Background: Severe thrombocytopenic coagulopathy may complicate platelet-trapping vascular tumors such as kaposiform hemangioendothelioma and tufted angioma. Low-grade, chronic consumptive coagulopathy may occur with extensive venous and lymphatic malformations. We have also observed patients with rare multifocal, congenital skin and gastrointestinal (GI) tract vascular anomalies of distinctive and remarkably similar appearance, all associated with coagulopathy. We studied the clinical and histopathologic features of 3 patients demonstrating this previously uninvestigated phenomenon.
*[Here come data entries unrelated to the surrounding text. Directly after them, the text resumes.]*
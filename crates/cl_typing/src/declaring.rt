//! Variables of functions.

ghost use Rattle.std.specs.Prelude.{◌≡◌, IfOk, IfErr, OnOk};
ghost use Rattle.cl_make.specs.Ready.{Grows, IsReadyType};
ghost use Rattle.cl_scope.specs.Scopes.{IsKnownEnv};
ghost use Rattle.cl_typing.specs.Answers.{VariableIsTyped, VariableStopsAt, VariablesAre, VariablesStop};
ghost use Rattle.cl_typing.specs.Settings.{state};

use crate::setting::Setting;
use cl_ast::declaration::InitDeclor;
use cl_rules::Qualified;
use cl_scope::{DeclaredKind, Names};
use cl_tree::{TStmt, TStmtNode, Variable};
use cl_types::TypeTable;
use cl_variables::variable;
use clv_place::{List, NoMemory, Stop};
use std::alloc::Global;

// The number of what comes behind so many. There is no memory for more than have a number.
pub(crate) fn next_number(count: usize) -> Result<u32, NoMemory>
    ensures { IfOk result (λ n. n ≡ count) }
{
    match u32::try_from(count) {
        Ok(n) => Ok(n),
        Err(_) => Err(NoMemory),
    }
}

// A variable, which is a statement.
fn declaration(
    alloc: Global,
    p: Setting,
    q: Qualified,
    d: &InitDeclor,
    names: &mut Names,
    vars: &mut List<Variable>,
    types: &mut TypeTable,
) -> Result<TStmt, Stop>
    requires known { IsKnownEnv types.old names.old }
    requires type_ready { IsReadyType types.old q }
    ensures ok { IfOk result (VariableIsTyped types.new p (state names.old vars.old) q d.now (state names.new vars.new)) }
    ensures out { IfErr result (VariableStopsAt types.new p (state names.old vars.old) q d.now) }
    ensures grows { Grows types.old types.new }
{
    types.is_table();
    let var = next_number(vars.len())?;
    let read = variable(
        alloc,
        p.variables,
        DeclaredKind::Var(var),
        q,
        d,
        names,
        types,
    )?;
    let place = read.variable.place;
    vars.push(read.variable)?;
    Ok(TStmt {
        place,
        node: TStmtNode::Decl {
            var,
            init: read.tree,
        },
    })
}

// Variables of one type, behind other statements.
pub(crate) fn variables(
    alloc: Global,
    p: Setting,
    q: Qualified,
    all: &[InitDeclor],
    typed: &mut Vec<TStmt>,
    names: &mut Names,
    vars: &mut List<Variable>,
    types: &mut TypeTable,
) -> Result<(), Stop>
    requires known { IsKnownEnv types.old names.old }
    requires type_ready { IsReadyType types.old q }
    ensures ok { OnOk result (VariablesAre types.new p (state names.old vars.old) q all.now (state names.new vars.new) typed.old.items typed.new.items) }
    ensures out { IfErr result (VariablesStop types.new p (state names.old vars.old) q all.now) }
    ensures grows { Grows types.old types.new }
{
    types.is_table();
    for one in all {
        typed.push(declaration(alloc, p, q, one, names, vars, types)?)?;
    }
    Ok(())
}
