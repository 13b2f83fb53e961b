//! Parameters of functions.

ghost use Rattle.std.specs.Prelude.{◌≡◌, IfOk, IfErr, OnOk};
ghost use Rattle.cl_make.specs.Ready.{Grows};
ghost use Rattle.cl_rules.specs.Operands.{first_broken};
ghost use Rattle.cl_scope.specs.Scopes.{IsKnownEnv};
ghost use Rattle.cl_tree.specs.Units.{is_kernel_param};
ghost use Rattle.cl_typing.specs.Units.{has_space, is_again, param_tests_at, param_named, name_of};
ghost use Rattle.cl_typing.specs.UnitAnswers.{ParamIs, ParamStops, ParamsAreTyped, ParamsStop};

use crate::condition::out;
use crate::declaring::next_number;
use cl_ast::declaration::Param;
use cl_make::given;
use cl_rules::first_broken;
use cl_scope::{Declared, DeclaredKind, Names};
use cl_tree::{Shape, Variable};
use cl_type_expr::words;
use cl_types::{Space, TypeId, TypeTable};
use cl_words::Sketch;
use clv_place::{List, NoMemory, Stop, Text};
use std::alloc::Global;

/// The most parameters of a function.
const MAX_PARAMS: usize = 32;

// Whether an address space is named, other than private.
fn has_space(space: Option<Space>) -> bool
    ensures { result ≡ has_space space }
{
    match space {
        None => false,
        Some(Space::Private) => false,
        Some(_) => true,
    }
}

// Whether a kernel may take a parameter of this type.
fn is_kernel_param(s: Shape) -> bool
    ensures { result ≡ is_kernel_param s }
{
    match s {
        Shape::Integers(_) => true,
        Shape::Struct => true,
        Shape::Pointer { space, .. } => !matches!(space, Space::Private),
        _ => false,
    }
}

// Whether the innermost block declares the name of a parameter already.
fn is_again(names: &Names, name: &Option<Text>) -> bool
    ensures { result ≡ is_again names.now name.now }
{
    match name {
        None => false,
        Some(name) => names.is_declared(name.as_slice()),
    }
}

// The least code that a parameter breaks: 302, 303, 326, 327, 504.
fn param_broken(
    kernel: bool,
    again: bool,
    sized: bool,
    star: bool,
    sketch: &Sketch,
    before: usize,
) -> Option<u16>
    ensures { result ≡ first_broken (param_tests_at kernel again sized star sketch.now before) }
{
    let shape = sketch.shape;
    first_broken(&[
        (302, again),
        (
            303,
            sketch.has_no_type() || shape.is_void() || shape.is_array(),
        ),
        (326, sketch.clash || has_space(sketch.space)),
        (327, kernel && (!is_kernel_param(shape) || (sized && !star))),
        (504, before == MAX_PARAMS),
    ])
}

// Declares a parameter, where it has a name.
fn declare(
    alloc: Global,
    name: &Option<Text>,
    ty: TypeId,
    sketch: &Sketch,
    number: usize,
    names: &mut Names,
) -> Result<(), NoMemory>
    ensures { OnOk result (names.new ≡ param_named name.now ty sketch.now number names.old) }
{
    match name {
        None => Ok(()),
        Some(name) => names.declare(Declared {
            name: Text::from_bytes(alloc, name.as_slice())?,
            ty,
            space: Space::Private,
            readonly: sketch.readonly,
            kind: DeclaredKind::Param(next_number(number)?),
            complete: true,
        }),
    }
}

// The name of a parameter, which is empty where it has none.
fn name_of(alloc: Global, name: &Option<Text>) -> Result<Text, NoMemory>
    ensures { IfOk result (λ t. t ≡ name_of name.now) }
{
    match name {
        None => Ok(Text::new(alloc)),
        Some(name) => Text::from_bytes(alloc, name.as_slice()),
    }
}

// A parameter behind others: 302, 303, 326, 327, 504.
fn param(
    alloc: Global,
    kernel: bool,
    one: &Param,
    before: &mut List<Variable>,
    names: &mut Names,
    types: &mut TypeTable,
) -> Result<(), Stop>
    requires known { IsKnownEnv types.old names.old }
    ensures ok { OnOk result (ParamIs types.new kernel names.old before.old one.now names.new before.new) }
    ensures out { IfErr result (ParamStops types.new kernel names.old before.old one.now) }
    ensures grows { Grows types.old types.new }
{
    let q = words(alloc, &one.spec, names, types)?;
    types.is_table();
    let sketch = Sketch::new(q, &one.star, List::new(alloc));
    let again = is_again(names, &one.name);
    let star = one.star.is_some();
    if let Some(code) = param_broken(kernel, again, q.sized, star, &sketch, before.len()) {
        return Err(out(code, one.place));
    }
    let ty = given(sketch.of, types)?;
    declare(alloc, &one.name, ty, &sketch, before.len(), names)?;
    before.push(Variable {
        name: name_of(alloc, &one.name)?,
        ty,
        space: Space::Private,
        place: one.place,
    })?;
    Ok(())
}

/// The parameters of a function, which are declared in the innermost block.
pub(crate) fn params(
    alloc: Global,
    kernel: bool,
    all: &[Param],
    names: &mut Names,
    types: &mut TypeTable,
) -> Result<List<Variable>, Stop>
    requires known { IsKnownEnv types.old names.old }
    ensures ok { IfOk result (ParamsAreTyped types.new kernel names.old all.now names.new) }
    ensures out { IfErr result (ParamsStop types.new kernel names.old all.now) }
    ensures grows { Grows types.old types.new }
{
    types.is_table();
    let mut params = List::new(alloc);
    for one in all {
        param(alloc, kernel, one, &mut params, names, types)?;
    }
    Ok(params)
}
Observations: All 3 patients presented with hundreds of congenital red-brown skin plaques as large as a few centimeters, with similar lesions throughout the GI tract and severe GI tract bleeding. One patient had synovial involvement. All had significant thrombocytopenia, with prothrombin and partial thromboplastin times and fibrinogen levels near the reference range. Corticosteroids and/or interferon alfa treatment resulted in equivocal or no improvement. Skin lesions from all 3 patients were histologically distinctive and similar, including dilated, thin-walled vessels in the dermis and subcutis lined by hobnailed, proliferative endothelial cells (10%-15% immunoreactive for Ki-67), most displaying intraluminal papillary projections. Immunoreaction for the lymphatic marker LYVE-1 was uniformly present.

Conclusions: We propose the term multifocal lymphangioendotheliomatosis with thrombocytopenia to distinguish this newly recognized clinicopathological entity. These congenital lesions, like tufted angioma and kaposiform hemangioendothelioma, show lymphatic differentiation, strengthening the association between abnormal lymphatic endothelium and coagulopathy.